Let ${X_n : n = 0, 1, 2, . . .}$ denote a Markov chain with the states $S = {1, 2, 3}$ and transition matrix P given by
$$
\begin{bmatrix}
0 & 0.5 & 0.5 \\
0.1 & 0 & 0.9 \\
0.8 & 0.2 & 0
\end{bmatrix}
$$
Determine whether the Markov chain has a marginal distribution. Determine the it and explain how you found it. Also determine whether the boundary distribution is unique.
So i know that an irreducible and aperiodic markov chain has a unique solution, which also is the limiting distribution. In this case, the stationary distribution is a limiting distribution. To find the stationary distribution i need to solve the following:
\begin{align*}
\pi_1 &= \frac{1}{2}\pi_2 + \frac{1}{2}\pi_3 \\
\pi_2 &= \frac{1}{10}\pi_1 + \frac{9}{10}\pi_3 \\
\pi_3 &= \frac{8}{10}\pi_1 + \frac{2}{10}\pi_2 \\
1 &= \pi_1 + \pi_2 + \pi_3
\end{align*}
I have solved it and got that $\pi_1 = \frac{1}{3}$, $\pi_2 = \frac{1}{3}$ and $\pi_3 = \frac{1}{3}$
Now that i have found my stationary distribution, which is also the limiting distribution what do i do with it? Is my limiting distribution the marginal distribution?
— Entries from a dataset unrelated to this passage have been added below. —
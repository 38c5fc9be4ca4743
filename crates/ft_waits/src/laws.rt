//! A law: a function that does nothing, whose clauses are proved.

ghost use Rattle.std.specs.Prelude.{◌≡◌, ◌++◌, ◌∷◌, [], List};
ghost use Rattle.ft_fields.specs.Traced.{Traced};
ghost use Rattle.ft_dispatch.specs.Acts.{act_of};
ghost use Rattle.ft_waits.specs.Reading.{place_after, act_at, acts_of};

/// A law: if nothing is left out, each event says at its place what it says of who runs.
pub fn nothing_left_out()
    ensures none { acts_of [] [] ≡ [] }
    ensures more { (event : Traced) (before : List Traced)
        → acts_of [] (event ∷ before) ≡ act_at (place_after before event) (act_of event.pid event.body) ++ acts_of [] before }
{}
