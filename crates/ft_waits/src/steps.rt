//! Acts of one microsecond.

ghost use Rattle.std.specs.Prelude.{OnOk, IsPermutation};
ghost use Rattle.std.specs.List.Sorted.{IsSortedByKey};
ghost use Rattle.ft_fields.specs.Places.{pos_cmp};
ghost use Rattle.ft_waits.specs.inner.Known.{Settles};

use crate::kept::KeptActs;
use crate::showing::give;
use crate::summing::sum_up;
use ft_dispatch::{Dispatch, PlacedAct};
use ft_summary::Summary;
use std::alloc::AllocError;

/// Puts held acts in order of their places.
#[inline(always)]
fn sort(held: &mut Vec<PlacedAct>)
    ensures moved { IsPermutation held.old.items held.new.items }
    ensures sorted { IsSortedByKey (λ one. one.place) pos_cmp held.new.items }
{
    held.sort_unstable_by_key(|one| one.place);
}

/// Takes held acts in the order of their places, adds their dispatches, gives what they show to the windows, and
/// sums them up, if that is wanted: none is held then.
#[inline(always)]
pub(crate) fn settle(
    acts: &mut KeptActs,
    sums: &mut Option<Summary>,
    out: &mut Vec<Dispatch>,
) -> Result<(), AllocError>
    ensures { OnOk result (Settles acts.old sums.old out.old.items acts.new sums.new out.new.items) }
{
    sort(&mut acts.held);
    acts.tasks.take_all(&acts.held, out, &mut acts.shown)?;
    give(&mut acts.windows, &mut acts.shown)?;
    sum_up(sums, &acts.held)?;
    acts.held.clear();
    Ok(())
}
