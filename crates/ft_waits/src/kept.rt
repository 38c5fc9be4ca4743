//! What is kept of acts.

use ft_dispatch::{PlacedAct, Shown, Tasks};
use ft_windows::Windows;

/// What is kept of the acts so far.
#[derive(Drop)]
pub(crate) struct KeptActs {
    /// The acts at the last stamp, in the order of the text: others of the same microsecond may come.
    pub(crate) held: Vec<PlacedAct>,
    /// Since when each task is runnable, by the acts before that stamp.
    pub(crate) tasks: Tasks,
    /// The first wakings of those acts. What they show is given to the windows.
    pub(crate) shown: Shown,
    /// What all events, and what those acts show, say of events that are missing.
    pub(crate) windows: Windows,
}
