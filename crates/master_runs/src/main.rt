//! Plays a list of commands to a master, or a list of steps to a world of interleavings. Prints each answer, and behind
//! the last one what is told. Its arguments are the file of a trace, whose units are megabytes, and the file of the
//! list.
//!
//! The first line of the list says who plays, with a weight for each coflow of the trace: `master LIMIT WEIGHT..` is a
//! master whose journal takes entries up to the limit, and `world LIMIT WEIGHT.. AGENTS` is a world of such a master
//! and of so many agents. A line `CALLER WORD NUMBER..` behind it asks a command, and in a world a line `WORD NUMBER..`
//! is a step of an agent or of the driver of runs. A line `tell` prints what is told at that point. Behind the last
//! line a master also tells its closed runs, each with what it credits to its flows.
//!
//! The exit code is 0 where all lines were played, and 1 where a line is not such, or something else was wanting.
#![tactic(auto)]

mod fault;
mod game;
mod line;
mod setting;
mod stop;
mod telling;

ghost use Rattle.std.specs.Prelude.{◌≡◌, ◌≤◌, [], All, IfOk, length, vec_len};
ghost use Rattle.master_runs.specs.declared.setting.TheConstants.{MAX_LIMIT};
ghost use Rattle.coflow_units.specs.declared.limits.TheConstants.{MAX_TEXT, MAX_WEIGHT};

use crate::fault::ListFault;
use crate::game::{play_master, play_world};
use crate::line::{index, word};
use crate::setting::{Setting, setting_of};
use crate::stop::Stop;
use coflow_units::{Items, NoMemory, UnitSize};
use flow_table::Table;
use master_core::Master;
use outside::{DiskShelf, Place4, Shelf};
use std::alloc::Global;
use std::env;
use std::process::ExitCode;
use test_support::{bytes_of_file, table_of_file};
use text_fields::{Fields, Lines};
use world_model::World;

fn main(rt: HostRuntime) -> ExitCode {
    match run(&rt) {
        Ok(()) => ExitCode::from(0),
        Err(stop) => {
            // A line that cannot be written changes nothing.
            let _ = eprintln!(rt; "master_runs: {stop}");
            ExitCode::from(1)
        }
    }
}

/// Plays what the words ask for.
fn run(rt: &HostRuntime) -> Result<(), Stop> {
    let alloc = rt.alloc();
    let Ok(words) = env::args(rt) else {
        return Err(Stop::Usage);
    };
    let Ok(words) = words.collect::<Vec<String>>(alloc) else {
        return Err(Stop::NoMemory);
    };
    let files = files_of(alloc, &mut DiskShelf::new(*rt), &words);
    drop(words);
    let (text, table) = files?;
    let played = play(rt, alloc, table, &mut Lines::new(&text));
    drop(text);
    played
}

/// The bytes of the list, and the table of the trace, whose files the words name.
fn files_of<H: Shelf>(
    alloc: Global,
    shelf: &mut H,
    words: &[String],
) -> Result<(Vec<u8>, Table), Stop>
    ensures { IfOk result (λ files. vec_len files.0 ≤ MAX_TEXT) }
{
    let Some(trace) = words.get(1) else {
        return Err(Stop::Usage);
    };
    let Some(list) = words.get(2) else {
        return Err(Stop::Usage);
    };
    let text = bytes_of_file(alloc, shelf, Place4::Script, list)?;
    let table = table_of_file(alloc, shelf, trace, UnitSize::MEGABYTE)?;
    Ok((text, table))
}

/// Plays the lines, the first of which says who plays.
fn play(rt: &HostRuntime, alloc: Global, table: Table, lines: &mut Lines<'_>) -> Result<(), Stop> {
    let Some(mut first) = lines.next() else {
        drop(table);
        return Err(Stop::List(ListFault::Line(1)));
    };
    match word(&mut first) {
        "master" => with_master(rt, alloc, table, &mut first, lines),
        "world" => with_world(rt, alloc, table, &mut first, lines),
        _ => {
            drop(table);
            Err(Stop::List(ListFault::Line(1)))
        }
    }
}

/// A master plays the lines behind the first one, whose next fields are these.
fn with_master(
    rt: &HostRuntime,
    alloc: Global,
    table: Table,
    fields: &mut Fields<'_>,
    lines: &mut Lines<'_>,
) -> Result<(), Stop> {
    let mut master = master_of(alloc, table, fields)?;
    let played = play_master(rt, alloc, &mut master, lines);
    drop(master);
    played
}

/// A world plays the lines behind the first one, whose next fields are these.
fn with_world(
    rt: &HostRuntime,
    alloc: Global,
    table: Table,
    fields: &mut Fields<'_>,
    lines: &mut Lines<'_>,
) -> Result<(), Stop> {
    let mut world = world_of(alloc, table, fields)?;
    let played = play_world(rt, &mut world, lines);
    drop(world);
    played
}

/// A new world of the master that comes next, and of the agents behind it.
fn world_of(alloc: Global, table: Table, fields: &mut Fields<'_>) -> Result<World, Stop> {
    let setting = match setting_of(alloc, table.coflows(), fields) {
        Ok(setting) => setting,
        Err(fault) => {
            drop(table);
            return Err(Stop::List(fault));
        }
    };
    let Some(agents) = index(fields) else {
        drop(setting);
        drop(table);
        return Err(Stop::List(ListFault::Line(1)));
    };
    let master = master_with(alloc, table, setting)?;
    Ok(World::new(alloc, master, agents)?)
}

/// A master of the table with the limit and the weights that come next.
fn master_of(alloc: Global, table: Table, fields: &mut Fields<'_>) -> Result<Master, Stop> {
    let setting = match setting_of(alloc, table.coflows(), fields) {
        Ok(setting) => setting,
        Err(fault) => {
            drop(table);
            return Err(Stop::List(fault));
        }
    };
    Ok(master_with(alloc, table, setting)?)
}

/// A master of the table with this limit and these weights.
fn master_with(alloc: Global, table: Table, setting: Setting) -> Result<Master, NoMemory>
    requires limit { (1 ≤ setting.limit) × (setting.limit ≤ MAX_LIMIT) }
    requires count { vec_len setting.weights ≡ length table.ids }
    requires weights { All (λ w. (1 ≤ w) × (w ≤ MAX_WEIGHT)) setting.weights.items }
    ensures { IfOk result (λ m. m.journal ≡ []) }
{
    let Setting { limit, weights } = setting;
    Master::new(alloc, table, Items::from_vec(weights), limit)
}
I know that the desired marginal distribution that i need to find is $(0.35, 0.25, 0.4)$ but i can't manage to get this.
Best Answer
I have most of my information from the book Introduction to Probability, Statistics, and Random Processes by Hossein Pishro-Nik and will reference the pages i have looked at for the PDF version here and there!
We have that an irreducible and aperiodic Markov chain has a unique solution, which is also a limiting distribution of the Markov chain. In this case, if the chain is also aperiodic, we conclude that the stationary distribution is a limiting distribution (page 871).
By using RStudio you get the Markov chain is both irreducible and aperiodic and therefore has a unique solution, which is the stationary distribution, which is then a limiting distribution. The stationary distribution can be found by solving $\pi = \pi P$ which is just the following equations (Example 11.15 on page 872): \begin{align*} \pi_1 &= \frac{1}{10}\pi_2 + \frac{8}{10}\pi_3 \\ \pi_2 &= \frac{1}{2}\pi_1 + \frac{2}{10}\pi_3 \\ \pi_3 &= \frac{1}{2}\pi_1 + \frac{9}{10}\pi_2 \\ 1 &= \pi_1 + \pi_2 + \pi_3 \end{align*} After which you get the stationary distribution, which is also the limit distribution: $\pi_1 = 0.35$, $\pi_2 = 0.25$ og $\pi_1 = 0.40$.